Using the figures on the present situation, Massy reluctantly arrived at the fact that here, on this already frozen world, the temperature would drop until CO2 froze out of the atmosphere. When that happened, the temperature would plummet until there was no really significant difference between it and that of empty space. It is carbon dioxide which is responsible for the greenhouse effect, by which a planet is in thermal equilibrium only at a temperature above its surroundings—as a greenhouse in sunlight is warmer than the outside air.

The greenhouse effect would vanish soon on the colony world. When it vanished on the mother planet, Massy found himself thinking, if Riki won’t leave when the Survey ship comes, I’ll resign from the Service. I’ll have to if I’m to stay. And I won’t go unless she does.

III

“If you want to come, it’s all right,” said Massy ungraciously.

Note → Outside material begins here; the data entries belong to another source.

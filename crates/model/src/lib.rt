// The numbers and the answers of document 01, which every layer above names.
#![tactic(auto)]

ghost use Rattle.std.specs.Prelude.{◌≡◌};
ghost use Rattle.model.specs.Verdicts.{values_of};

// A cell's number, counted through all arrays.
#[derive(Clone, Copy, Debug, PartialEq, Eq)]
pub struct Cell(pub u16);

// A record's number, counted through all bodies.
#[derive(Clone, Copy, Debug, PartialEq, Eq)]
pub struct Record(pub u16);

// An array's number.
#[derive(Clone, Copy)]
pub struct Array(pub u16);

// A side: the host's memory or the card's.
#[derive(Clone, Copy, Debug, PartialEq, Eq)]
pub enum Side {
    Host,
    Card,
}

// Why a plan is not accepted: some run of it stops at a record in a cell, or it is refused with a number and a place.
#[derive(Clone, Copy, Debug, PartialEq, Eq)]
pub enum Fault {
    Stopped(Record, Cell),
    Refused(u8, u16),
}

// An answer: accepted, or why not.
pub type Verdict = Result<(), Fault>;

// What is reported of an answer: its number, its place or record, its cell.
#[derive(Clone, Copy)]
pub struct Values {
    pub number: u8,
    pub place: u16,
    pub cell: u16,
}

// The tally of a run: read records, write records, cells moved.
#[derive(Clone, Copy)]
pub struct Tally {
    pub reads: u64,
    pub writes: u64,
    pub moved: u64,
}

// A part of the caller's bytes: where it begins and its length.
#[derive(Clone, Copy)]
pub struct Part {
    pub from: u16,
    pub size: u16,
}

// The figures of a run that is done.
#[derive(Clone, Copy)]
pub struct End {
    pub used: u32,
    pub host_flags: u32,
    pub card_flags: u32,
    pub on_host: u32,
    pub on_card: u32,
}

// The values of an answer, where a stop has the number `stop`: 18 of the check, 21 of the run.
pub fn values_of(v: Verdict, stop: u8) -> Values
    ensures { result ≡ values_of stop v }
{
    match v {
        Ok(()) => Values {
            number: 0,
            place: 0,
            cell: 0,
        },
        Err(Fault::Stopped(r, c)) => Values {
            number: stop,
            place: r.0,
            cell: c.0,
        },
        Err(Fault::Refused(number, place)) => Values {
            number,
            place,
            cell: 0,
        },
    }
}
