// What an instruction's byte cycles do: one for a byte, two for a word, the second reading what the first wrote.
#![tactic(auto)]

ghost use Rattle.std.specs.Prelude.{◌≡◌};
ghost use Rattle.cycles.specs.Cycles.{operand_of};

use alu::Kind;

// What a cycle takes for an operand: Ra, Rb, or a byte of a number, its low byte in a low cycle.
#[derive(Clone, Copy, Debug, PartialEq, Eq)]
pub enum Operand {
    A,
    B,
    Number(u16),
}

// What an instruction's cycles do: the kind, Ra's side and Rb's side, the first carry in, and whether Ra is written.
#[derive(Clone, Copy, Debug, PartialEq, Eq)]
pub struct Plan {
    pub kind: Kind,
    pub p: Operand,
    pub q: Operand,
    pub carry: bool,
    pub stores: bool,
}

// The designators of one cycle.
#[derive(Clone, Copy, Debug, PartialEq, Eq)]
pub struct Designators {
    pub a: u8,
    pub b: u8,
}

#[tactic(auto, unfolding(crate::specs::Cycles::operand_of))]
pub fn operand_of(o: Operand, ra: u8, rb: u8, high: bool) -> u8
    ensures { result ≡ operand_of o ra rb high }
{
    match o {
        Operand::A => ra,
        Operand::B => rb,
        Operand::Number(n) if high => (n / 256) as u8,
        Operand::Number(n) => (n % 256) as u8,
    }
}
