//! Values of certificates, as callers ask for them, out of the bytes that encode them. No call takes memory.
#![tactic(auto)]

pub mod attributes;
pub mod certificate;
pub mod elements;
pub mod extension;
pub mod general_names;
pub mod hosts;
pub mod moment;
pub mod purposes;
pub mod put;
mod times;
pub mod usage;
pub mod value;

pub use crate::attributes::{AttributePlace, attributes_within};
pub use crate::certificate::{
    certificate_validity, find_extension, issuer_attributes, serial_number, subject_attributes,
};
pub use crate::elements::content_within;
pub use crate::extension::find_extension_within;
pub use crate::general_names::{GeneralNamePlace, general_names_within};
pub use crate::hosts::{host_matches, host_within};
pub use crate::moment::Moment;
pub use crate::purposes::purposes_within;
pub use crate::usage::usage_bit_within;
pub use crate::value::value_within;
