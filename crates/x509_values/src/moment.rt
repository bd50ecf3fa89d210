//! Seconds as numbers.

ghost use Rattle.std.specs.Prelude.{◌≡◌, ◌<◌, ◌≤◌, ◌*◌};
ghost use Rattle.x509_prim.specs.Calendar.{IsMoment};
ghost use Rattle.x509_values.specs.Moments.{moment_of};
ghost use Rattle.x509_values.specs.UnixTimes.{is_leap as leap_of, days_before_month as days_to_month, days_before_year as days_to_year, seconds_before, unix_seconds, CountSeconds};

/// How many seconds stand before 1970, from the year 0 on.
const SECONDS_BEFORE_1970: i64 = 62_167_219_200;

/// A second in UTC, in the Gregorian calendar.
#[derive(Clone, Copy, Debug, PartialEq, Eq)]
pub struct Moment {
    /// The year, 0 to 9999.
    pub year: u16,
    /// The month, from 1.
    pub month: u8,
    /// The day of the month, from 1.
    pub day: u8,
    /// The hour, 0 to 23.
    pub hour: u8,
    /// The minute, 0 to 59.
    pub minute: u8,
    /// The second, 0 to 59.
    pub second: u8,
}

/// Whether a year has 366 days.
fn is_leap(year: u16) -> bool
    ensures { result ≡ leap_of year }
{
    year % 4 == 0 && (year % 100 != 0 || year % 400 == 0)
}

/// How many days stand before a year, from the year 0 on.
fn days_before_year(year: u16) -> u32
    ensures days { result ≡ days_to_year year }
    ensures fits { result ≤ 366 * year }
{
    let year = year as u32;
    365 * year + (year + 3) / 4 + (year + 399) / 400 - (year + 99) / 100
}

/// How many days stand before each month of a year that isn't a leap year.
const DAYS_BEFORE_MONTHS: [u16; 12] = [0, 31, 59, 90, 120, 151, 181, 212, 243, 273, 304, 334];

/// How many days of a year stand before a month.
fn days_before_month(year: u16, month: u8) -> u16
    requires from_january { 1 ≤ month }
    requires to_december { month ≤ 12 }
    ensures days { result ≡ days_to_month year month }
    ensures fits { result < 366 }
{
    let common = DAYS_BEFORE_MONTHS[month as usize - 1];
    if month > 2 && is_leap(year) {
        common + 1
    } else {
        common
    }
}

impl Moment {
    /// How many seconds stand before it, from the year 0 on.
    fn seconds(&self) -> u64
        requires { IsMoment (moment_of self.now) }
        ensures seconds { result ≡ seconds_before (moment_of self.now) }
        ensures fits { result < 1000000000000 }
    {
        let before = days_before_month(self.year, self.month) as u64;
        let days = days_before_year(self.year) as u64 + before + (self.day as u64 - 1);
        let second_of_day = self.hour as u64 * 3600 + self.minute as u64 * 60 + self.second as u64;
        days * 86400 + second_of_day
    }

    /// Seconds since 1970-01-01 00:00:00 UTC, leap seconds not counted: below 0 before that.
    pub fn unix_time(&self) -> i64
        requires { IsMoment (moment_of self.now) }
        ensures { result ≡ unix_seconds (moment_of self.now) }
    {
        self.seconds() as i64 - SECONDS_BEFORE_1970
    }
}

/// What the numbers of seconds are: that of the first second of 1970 is 0, and each second's is one more than that of the
/// second before it.
pub fn unix_times()
    ensures { CountSeconds unix_seconds }
{}
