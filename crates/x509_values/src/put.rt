//! Writing to the front of a slice, as far as there is room.

ghost use Rattle.std.specs.Prelude.{◌≡◌, ◌∷◌, ◌++◌, [], List, length};
ghost use Rattle.x509_values.specs.Told.{filled};

/// Writes an item behind so many that were put in front of a slice, where there is room for it.
pub fn put<P: Copy>(item: P, count: usize, out: &mut [P])
    ensures { (done base : List P) → count ≡ length done → out.old ≡ filled done base →
        out.new ≡ filled (done ++ item ∷ []) base }
{
    if out.len() <= count {
        return;
    }
    out[count] = item;
}
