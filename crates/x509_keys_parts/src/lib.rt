//! Algorithm identifiers.
#![tactic(auto)]

pub mod aes;
pub mod aes_auth_enc;
pub mod algorithm_identifier;
pub mod algorithm_parameters;
pub mod digest_info;
pub mod ec_parameters;
pub mod errors;
pub mod hash_algorithm;
pub mod key_kind;
pub mod laws;
pub mod makers;
mod pss_form;
pub mod raw_algorithm_identifier;
pub mod rsassa_pss;
mod salt;
mod salt_length;
pub mod sha_variant;

pub use crate::aes::{AesMode, AesParameters};
pub use crate::aes_auth_enc::AesAuthEncParams;
pub use crate::algorithm_identifier::AlgorithmIdentifier;
pub use crate::algorithm_parameters::AlgorithmIdentifierParameters;
pub use crate::digest_info::DigestInfo;
pub use crate::ec_parameters::EcParameters;
pub use crate::errors::{AlgorithmError, UnsupportedAlgorithmError};
pub use crate::hash_algorithm::HashAlgorithm;
pub use crate::raw_algorithm_identifier::RawAlgorithmIdentifier;
pub use crate::rsassa_pss::{MaskGenAlgorithm, RsassaPssParams};
pub use crate::sha_variant::ShaVariant;
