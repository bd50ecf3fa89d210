//! The six numbers of a time.

ghost use Rattle.std.specs.Prelude.{◌≡◌};
ghost use Rattle.x509_prim.specs.Calendar.{IsMoment};
ghost use Rattle.x509_values.specs.Moments.{moment_of};
ghost use Rattle.x509_values.specs.Times.{moment_in};

use crate::moment::Moment;
use x509_names::Time;

impl Moment {
    /// The second that a time says, in either of its forms.
    pub fn of(time: &Time) -> Self
        ensures moment { moment_of result ≡ moment_in time.now }
        ensures lawful { IsMoment (moment_of result) }
    {
        match time {
            Time::Utc(time) => Moment {
                year: time.0.year(),
                month: time.0.month(),
                day: time.0.day(),
                hour: time.0.hour(),
                minute: time.0.minute(),
                second: time.0.second(),
            },
            Time::Generalized(time) => Moment {
                year: time.0.year(),
                month: time.0.month(),
                day: time.0.day(),
                hour: time.0.hour(),
                minute: time.0.minute(),
                second: time.0.second(),
            },
        }
    }
}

He waited while Riki slipped into the bulky cold-garments that were needed out-of-doors in the daytime, and were doubly necessary at night. There were heavy boots with inches-thick insulating soles, made in one piece with the many-layered trousers. There was the airpuffed, insulated over-tunic with its hood and mittens which were a part of the sleeves.

“Nobody goes outside at night,” she said when they stood together in the cold-lock.

“I do,” he told her. “I want to find out something.” The outer door opened and he stepped out. He held his arm for her, because the steps and walkway were no longer heated. Now they were covered with a filmy layer of something which, was not frost, but a faint, faint bloom of powder. It was the equivalent of dust, but it was miscroscopic snow-crystals frozen out of the air by the unbearable chill of night.

There was no moon, of course, yet the ice-clad mountains glowed faintly. The drone-hulls arranged in such an orderly fashion were dark against the frosted ground. There was silence; stillness; the feeling of ancient quietude. No wind stirred anywhere. Nothing moved. Nothing lived. The soundlessness was enough to crack the eardrums.